O que é para si a saúde sexual?
Muitas vezes julga-se que ter sexo quatro vezes por semana (com orgasmo) é sinónimo de saúde sexual. Não concordo. Para mim, saúde sexual é liberdade de pensamento, obviamente dentro dos limites do respeito pelo outro. Não obriga necessariamente à existência de parceiro(a), sendo tanto melhor quanto se possa projectar em alguém ou com alguém.
É portanto possível ser-se paraplégico ou tetraplégico e ter uma vida sexual saudável?
Claro que sim. Há uma reestruturação, uma descoberta da nova sexualidade. Na nossa sociedade é tudo muito falocêntrico. Mas depois da lesão deixa de o ser. Dá vontade de dizer que sendo tetra ou paraplégico se descobre a verdadeira essência da sexualidade. Descobre-se uma nova atitude exploratória.
O que cabe dentro desse carácter ilimitado da sexualidade?
Olhar, cheirar, ouvir, tocar. Dar importância a coisas a que não se dava antes. A cabeça viaja tremendamente. Passa-se a ter o pénis e a vagina dentro do cérebro. O preliminar começa de manhã quando se acorda e acaba quando a pessoa se deita. Quando não se tem função sexual, os preliminares são a vida, o quotidiano. Eu gosto mais de falar em sexualidade e menos em função sexual, porque as pessoas não estão muito alerta para esta diferença. Continuamos a confundi-las. Pode ter-se uma actividade sexual com alguém e não se ter sexualidade com essa pessoa. É apenas actividade sexual. Só isso.

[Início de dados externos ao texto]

// What is to be found for a node and a term, and what is found.
use rdx_bind::asks::Ask;
use rdx_bind::rows::Row;
use rdx_store::TermId;
use rdx_term::NoMemory;

/// What the pattern of a node binds where it matches a term, and, where splits are asked for, the
/// spots at which it splits it.
#[derive(Clone, Copy, PartialEq, Eq)]
pub(crate) struct Goal {
    /// The number of the node.
    pub(crate) number: usize,
    /// The term.
    pub(crate) id: TermId,
    /// Whether splits are asked for too.
    pub(crate) splits: bool,
}

/// What some items of a list pattern bind, and where they split, from each place of a list on, as is
/// asked of each place.
#[derive(Drop)]
pub(crate) struct Column {
    /// The number of the list pattern's node.
    pub(crate) number: usize,
    /// The list.
    pub(crate) id: TermId,
    /// The place of the first of the items in the list pattern.
    pub(crate) first: usize,
    /// The place behind the last of them.
    pub(crate) last: usize,
    /// The place of the first of their terms in the list.
    pub(crate) place: usize,
    /// What is asked of this place, of each further one, and of the one behind their last term.
    pub(crate) asks: Vec<Ask>,
}

/// What is to be found.
#[derive(Drop)]
pub(crate) enum Task {
    Goal(Goal),
    Column(Column),
}

/// What was found: one row for a goal, and a row for each place of a column.
#[derive(Drop)]
pub(crate) struct Answer {
    pub(crate) task: Task,
    pub(crate) rows: Vec<Row>,
}

/// Why a look has no answer yet.
#[derive(Drop)]
pub(crate) enum Stop {
    /// These are to be found first, the last of them first.
    Asks(Vec<Task>),
    /// The alternatives of the nonterminal with this node are to be made first.
    Opens(usize),
    /// Want of memory.
    NoMemory,
}

impl From<NoMemory> for Stop {
    ghost use Rattle.std.specs.Prelude.{◌≡◌};
    ghost use Rattle.rdx_table.specs.declared.task.Stop.TheVariants.{NoMemory};

    ghost from_gives = { λ _ stop. stop ≡ NoMemory };

    fn from(_error: NoMemory) -> Stop {
        Stop::NoMemory
    }
}
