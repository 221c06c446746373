// What was found for kept nodes.
ghost use Rattle.std.specs.Prelude.{◌≡◌, ◌∷◌, [], IfOk, IfSome, OnOk};
ghost use Rattle.rdx_nodes.specs.Settings.{language_at, patterns_at_hand, trees_at_hand};
ghost use Rattle.rdx_table.specs.Inside.Memos.{IsMemo};
ghost use Rattle.rdx_table.specs.Inside.Tasks.{IsFound, IsGoal, IsRow, IsTask};

use crate::task::{Goal, Task};
use rdx_bind::rows::Row;
use rdx_nodes::entry::Entry;
use rdx_nodes::setting::Setting;
use rdx_term::NoMemory;
use std::alloc::Global;
use std::collections::HashMap;

/// What was found for a node and a term, by the number of the node and the id of the term.
pub(crate) type Memo = HashMap<(usize, usize), Entry>;

// This row alone.
fn alone(alloc: Global, row: Row) -> Result<Vec<Row>, NoMemory>
    ensures { IfOk result (λ rows. rows.items ≡ row ∷ []) }
{
    let mut rows = Vec::with_capacity(alloc, 1)?;
    rows.push(row)?;
    Ok(rows)
}

// The row of the goal, if there is an entry with what it asks for.
fn known(setting: &Setting<'_>, memo: &Memo, goal: Goal) -> Result<Option<Row>, NoMemory>
    requires goal { IsGoal (language_at setting.now) (patterns_at_hand setting.now)
        (trees_at_hand setting.now) goal }
    requires memo { IsMemo (language_at setting.now) (patterns_at_hand setting.now)
        (trees_at_hand setting.now) memo.now }
    ensures { IfOk result (λ r. IfSome r (IsRow (language_at setting.now)
        (patterns_at_hand setting.now) (trees_at_hand setting.now) goal)) }
{
    if !setting.nodes[goal.number].kept {
        return Ok(None);
    }
    let Some(entry) = memo.get(&(goal.number, goal.id)) else {
        return Ok(None);
    };
    if !entry.serves(goal.splits) {
        return Ok(None);
    }
    let row = entry.row(setting.alloc, goal.splits)?;
    Ok(Some(row))
}

/// The rows of the task, if it is a goal that has an entry with what it asks for.
pub(crate) fn recall(
    setting: &Setting<'_>,
    memo: &Memo,
    task: &Task,
) -> Result<Option<Vec<Row>>, NoMemory>
    requires task { IsTask (language_at setting.now) (patterns_at_hand setting.now)
        (trees_at_hand setting.now) task.now }
    requires memo { IsMemo (language_at setting.now) (patterns_at_hand setting.now)
        (trees_at_hand setting.now) memo.now }
    ensures { IfOk result (λ r. IfSome r (λ rows. IsFound (language_at setting.now)
        (patterns_at_hand setting.now) (trees_at_hand setting.now) task.now rows.items)) }
{
    let Task::Goal(goal) = task else {
        return Ok(None);
    };
    match known(setting, memo, *goal)? {
        Some(row) => {
            let rows = alone(setting.alloc, row)?;
            Ok(Some(rows))
        }
        None => Ok(None),
    }
}

// Makes the row the entry of the goal, if its node is kept.
fn keep(setting: &Setting<'_>, memo: &mut Memo, goal: Goal, row: &Row) -> Result<(), NoMemory>
    requires goal { IsGoal (language_at setting.now) (patterns_at_hand setting.now)
        (trees_at_hand setting.now) goal }
    requires row { IsRow (language_at setting.now) (patterns_at_hand setting.now)
        (trees_at_hand setting.now) goal row.now }
    requires memo { IsMemo (language_at setting.now) (patterns_at_hand setting.now)
        (trees_at_hand setting.now) memo.old }
    ensures { OnOk result (IsMemo (language_at setting.now) (patterns_at_hand setting.now)
        (trees_at_hand setting.now) memo.new) }
{
    if setting.nodes[goal.number].kept {
        let entry = Entry::new(setting.alloc, goal.splits, row)?;
        memo.insert((goal.number, goal.id), entry)?;
    }
    Ok(())
}

/// Keeps what was found for the task, if it is a goal whose node is kept.
pub(crate) fn remember(
    setting: &Setting<'_>,
    memo: &mut Memo,
    task: &Task,
    rows: &[Row],
) -> Result<(), NoMemory>
    requires task { IsTask (language_at setting.now) (patterns_at_hand setting.now)
        (trees_at_hand setting.now) task.now }
    requires found { IsFound (language_at setting.now) (patterns_at_hand setting.now)
        (trees_at_hand setting.now) task.now rows.now }
    requires memo { IsMemo (language_at setting.now) (patterns_at_hand setting.now)
        (trees_at_hand setting.now) memo.old }
    ensures { OnOk result (IsMemo (language_at setting.now) (patterns_at_hand setting.now)
        (trees_at_hand setting.now) memo.new) }
{
    match task {
        Task::Goal(goal) => keep(setting, memo, *goal, &rows[0]),
        Task::Column(_) => Ok(()),
    }
}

Glória Batista: «Há verdadeiras redescobertas, mas também há situações dramáticas»
Opiniões da fisiatra responsável pela consulta de Disfunção Sexual Neurogénea, em Alcoitão.
Quais os motivos mais recorrentes na procura da consulta?

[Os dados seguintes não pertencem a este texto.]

//! The memory of one domain: the pages that were written.

ghost use Rattle.std.specs.Prelude.{◌≡◌, [], OnOk, OnErr};
ghost use Rattle.flat_memory.specs.FlatMemory.{byte_among, stored_among, zeroed_among};

use crate::kept_pages::KeptPage;
use mind_base::{NoMemory, Page, Pending};
use std::alloc::Global;
use std::collections::BTreeMap;
use std::marker::Model;

/// The memory of one domain: the pages that are kept, by their numbers.
#[derive(Debug, Drop)]
pub(crate) struct DomainMemory {
    pages: BTreeMap<u32, KeptPage>,
}

impl Model for DomainMemory {
    ghost use Rattle.std.specs.Prelude.{ℕ, List};

    ghost Value = { List (ℕ × List ℕ) };

    ghost view = { λ m. m.pages.entries };
}

impl DomainMemory {
    /// A memory that keeps no page.
    pub(crate) fn new(alloc: Global) -> DomainMemory
        ensures { result ≡ [] }
    {
        DomainMemory {
            pages: BTreeMap::new(alloc),
        }
    }

    /// The byte at an address.
    pub(crate) fn byte(&self, address: u32) -> u8
        ensures { result ≡ byte_among self.now address }
    {
        match self.pages.get(&Page::number_at(address)) {
            Some(page) => page.byte(Page::offset_at(address)),
            None => 0,
        }
    }

    /// Lets the store take effect. After an error the memory is as it was.
    pub(crate) fn store(&mut self, alloc: Global, store: Pending) -> Result<(), NoMemory>
        ensures ok { OnOk result (byte_among self.new ≡ stored_among (byte_among self.old) store) }
        ensures err { OnErr result (self.new ≡ self.old) }
    {
        let number = Page::number_at(store.address);
        let offset = Page::offset_at(store.address);
        let word = store.value.to_le_bytes();
        let bytes = &word[..store.size as usize];
        if let Some(page) = self.pages.get_mut(&number) {
            page.write(offset, bytes);
            return Ok(());
        }
        let mut page = KeptPage::zero(alloc)?;
        page.write(offset, bytes);
        self.pages.insert(number, page)?;
        Ok(())
    }

    /// Makes so many pages zero, from the page number `base` on: they are no longer kept.
    pub(crate) fn zero(&mut self, base: u32, pages: u32)
        ensures { byte_among self.new ≡ zeroed_among (byte_among self.old) base pages }
    {
        self.pages
            .retain(|number, _| *number < base || *number - base >= pages);
    }
}
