//! One page of a domain that was written.

ghost use Rattle.std.specs.Prelude.{◌≡◌, ℕ, ◌+◌, ◌<◌, ◌≤◌, length, replicate, slice_index, IfOk};
ghost use Rattle.flat_memory.specs.FlatMemory.{written};

use mind_base::NoMemory;
use std::alloc::Global;
use std::marker::Model;

/// The 4096 bytes of a page that is kept.
#[derive(Debug, Drop)]
pub(crate) struct KeptPage {
    bytes: Vec<u8>,
}

impl Model for KeptPage {
    ghost use Rattle.std.specs.Prelude.{◌≡◌, ℕ, List, length};

    ghost Value = { List ℕ };

    ghost view = { λ p. p.bytes.items };

    ghost invariant = { λ p. length p.bytes.items ≡ 4096 };
}

impl KeptPage {
    /// A page whose bytes are all zero.
    pub(crate) fn zero(alloc: Global) -> Result<KeptPage, NoMemory>
        ensures { IfOk result (λ page. page ≡ replicate 4096 0) }
    {
        Ok(KeptPage {
            bytes: vec![in alloc; 0u8; 4096]?,
        })
    }

    /// The byte number `offset`, below 4096.
    pub(crate) fn byte(&self, offset: u32) -> u8
        requires { offset < 4096 }
        ensures { result ≡ slice_index self.now offset }
    {
        self.bytes[offset as usize]
    }

    /// Writes the bytes over those from the byte number `offset` on. They end inside the page.
    pub(crate) fn write(&mut self, offset: u32, bytes: &[u8])
        requires { offset + length bytes.now ≤ 4096 }
        ensures { (k : ℕ) → slice_index self.new k ≡ written self.old offset bytes.now k }
    {
        let at = offset as usize;
        self.bytes[at..at + bytes.len()].copy_from_slice(bytes);
    }
}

Melhorar a função eréctil, ser pais, entender melhor as coisas. Na primeira consulta vêm sozinhos, nas seguintes sentem necessidade de que a companheira oiça.
Há ainda doentes medulares que recusam a consulta?

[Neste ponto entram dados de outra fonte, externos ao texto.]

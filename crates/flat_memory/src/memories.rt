//! One flat memory for each domain, zero where nothing was written.

ghost use Rattle.std.specs.Prelude.{◌≡◌, ◌<◌, IfOk, OnOk, OnErr};
ghost use Rattle.flat_memory.specs.FlatMemory.{byte_in, byte_stored, zeroed};

use crate::domains::DomainMemory;
use mind_base::{NoMemory, Pending, Place, Span};
use std::alloc::Global;
use std::marker::Model;

/// A flat memory of 2^32 bytes for each of the 16 domains, all zero at first. Only pages that were
/// written are kept.
#[derive(Debug, Drop)]
pub struct FlatMemory {
    domains: Vec<DomainMemory>,
    alloc: Global,
}

impl Model for FlatMemory {
    ghost use Rattle.std.specs.Prelude.{◌≡◌, length};
    ghost use Rattle.flat_memory.specs.FlatMemory.{MemoryView};

    ghost Value = { MemoryView };

    ghost view = { λ m. record { domains = m.domains.items } };

    ghost invariant = { λ m. length m.domains.items ≡ 16 };
}

impl FlatMemory {
    /// A memory whose bytes are all zero.
    pub fn new(alloc: Global) -> Result<FlatMemory, NoMemory>
        ensures zero { IfOk result (λ memory. byte_in memory ≡ (λ _ _. 0)) }
    {
        let mut domains = Vec::new(alloc);
        for _ in 0..16u32 {
            domains.push(DomainMemory::new(alloc))?;
        }
        Ok(FlatMemory { domains, alloc })
    }

    /// The byte at a place.
    pub fn byte(&self, place: Place) -> u8
        ensures { result ≡ byte_in self.now place.domain place.address }
    {
        self.domains[place.domain as usize].byte(place.address)
    }

    /// Lets the store take effect in a domain, which is below 16. After an error the memory is as it was.
    pub fn store(&mut self, domain: u8, store: Pending) -> Result<(), NoMemory>
        requires { domain < 16 }
        ensures ok { OnOk result (byte_in self.new ≡ byte_stored (byte_in self.old) domain store) }
        ensures err { OnErr result (self.new ≡ self.old) }
    {
        self.domains[domain as usize].store(self.alloc, store)
    }

    /// Makes the pages of the span zero: they are no longer kept. This takes no memory.
    pub fn zero(&mut self, span: &Span)
        ensures { byte_in self.new ≡ zeroed (byte_in self.old) span.now }
    {
        self.domains[span.domain as usize].zero(span.base, span.pages);
    }
}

Sim, outros que só vêm na véspera de terem alta. Depende dos traços de personalidade e das situações, da idade. Algumas destas pessoas nunca falaram sobre sexualidade com ninguém. Só conseguimos ajudar quem está capaz de avançar neste caminho. Estas pessoas podem ter perdas de urina ou fezes, durante a relação sexual, também não se movimentam como antes (um homem já não está nas posições em que costumava estar, parece que fica mais passivo, mas isso não deve interferir na sua maneira de se sentir como homem). Se a companheira é suficientemente receptiva, há verdadeiras redescobertas, mas também há situações dramáticas, de abandonos.
E como se melhora a função eréctil?
Com terapêutica medicamentosa, em doses controladas, testadas com a pessoa, seja em comprimidos seja sob a forma injectável. Também há sistemas de vácuo, mas devem ser usados com cuidado, pois pode ser perigoso caso o equipamento não seja adequado (se comprado em sex-shops) ou se for mal usado.
A parentalidade é muito dificultada pela lesão?
A lesão medular diminui a qualidade dos espermatozóides. E normalmente não se tem ejaculação (são muito poucos os que têm), mas em determinados níveis de lesão conseguimos, com um aparelho, o vibroestimulador, provocar uma ejaculação reflexa. Permite avaliar a qualidade do esperma e congelá-lo para uma inseminação in vitro. Em Alcoitão, só avançamos até à fase da recolha e referenciamos para uma consulta de infertilidade. Esse esperma pode também ser introduzido com uma seringa na vagina, durante o período fértil. Temos dois casos de gravidez que resultaram assim. Mas não é frequente. Relativamente às mulheres com lesão medular, não há problemas para engravidar.
Assistentes sexuais em bordéis
«Na Holanda, recentemente, o governo colocou em prática um projecto de formação para assistentes do sexo (nós designamo-las por prostitutas). Já existe também em outros países europeus, nomeadamente na Dinamarca. É extremamente interessante. Têm de aprender o que são as variadíssimas lesões e deficiências. Depois têm hipótese de receber estas pessoas. Nós estamos a milhas de distância desta mentalidade», argumenta Ana Garrett.
O Clube Dutch Desires é um bordel projectado para atender deficientes físicos e motores, que ambiciona ser uma referência em termos de serviços do género na Holanda.